Kegiatan yang berlangsung di Aula Barakat Martapura ini dibuka oleh Wakil Bupati Banjar, Habib Idrus Al Habsyi, didampingi Kepala Kejari Banjar, Dr. Musafir. Hadir sebagai narasumber utama, Dr. Aliansyah, Kepala Bidang Penerangan dan Penyuluhan Hukum Kejaksaan Agung RI, yang memberikan pemaparan mengenai strategi pencegahan tindak pidana korupsi di era pemerintahan modern.

Pencegahan Korupsi sebagai Investasi Masa Depan

Dalam sambutannya, Habib Idrus menegaskan bahwa pemberantasan korupsi bukan sekadar penindakan, tetapi harus dilakukan secara menyeluruh dari hulu ke hilir.
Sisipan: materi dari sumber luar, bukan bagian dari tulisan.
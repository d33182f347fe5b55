//! What a net at work is asked to tell.
ghost use Rattle.std.specs.Prelude.{◌≡◌, List, OnOk, string_bytes};
ghost use Rattle.abt_text.specs.Text.{◌⋅◌};
ghost use Rattle.abt_net.specs.Topology.{Topology};
ghost use Rattle.abt_model.specs.declared.event.Event.{Event};
ghost use Rattle.abt_step.specs.Stepped.{query_lines, query_object};
ghost use Rattle.abt_step.specs.Steps.{WorksAt};

use crate::asked::Query;
use crate::net_at_work::NetAtWork;
use crate::objects::{push_possible_object, push_report_object, push_state_object};
use crate::possible_words::push_possible_line;
use crate::state_words::{push_report, push_state_line};
use std::alloc::{AllocError, Global};

// Adds what a query asks for to a text, in words.
pub(crate) fn tell_in_words(
    alloc: Global,
    work: &NetAtWork<'_>,
    query: Query,
    text: &mut String,
) -> Result<(), AllocError>
    ensures { (net : Topology) (events : List Event) → WorksAt net events work.now → OnOk result
        (string_bytes text.new ≡ string_bytes text.old ⋅ query_lines net events query) }
{
    match query {
        Query::State => push_state_line(text, &work.state(alloc)?),
        Query::Report => push_report(text, &work.state(alloc)?),
        Query::Possible => push_possible_line(text, &work.possible(alloc)?),
    }
}

// The same as an object.
pub(crate) fn tell_as_object(
    alloc: Global,
    work: &NetAtWork<'_>,
    query: Query,
    text: &mut String,
) -> Result<(), AllocError>
    ensures { (net : Topology) (events : List Event) → WorksAt net events work.now → OnOk result
        (string_bytes text.new ≡ string_bytes text.old ⋅ query_object net events query) }
{
    match query {
        Query::State => push_state_object(alloc, text, &work.state(alloc)?),
        Query::Report => push_report_object(alloc, text, &work.state(alloc)?),
        Query::Possible => push_possible_object(alloc, text, &work.possible(alloc)?),
    }
}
“Pemberantasan korupsi harus dilakukan secara sistematis melalui pencegahan, edukasi, serta penindakan. Kami berharap seluruh ASN semakin memahami pentingnya integritas dan kepatuhan terhadap aturan,” ujarnya di hadapan para kepala SKPD yang hadir.

Wabup menambahkan bahwa upaya memperkuat budaya antikorupsi merupakan investasi penting bagi masa depan bangsa dan daerah, terutama dalam menjaga kepercayaan publik terhadap pemerintah.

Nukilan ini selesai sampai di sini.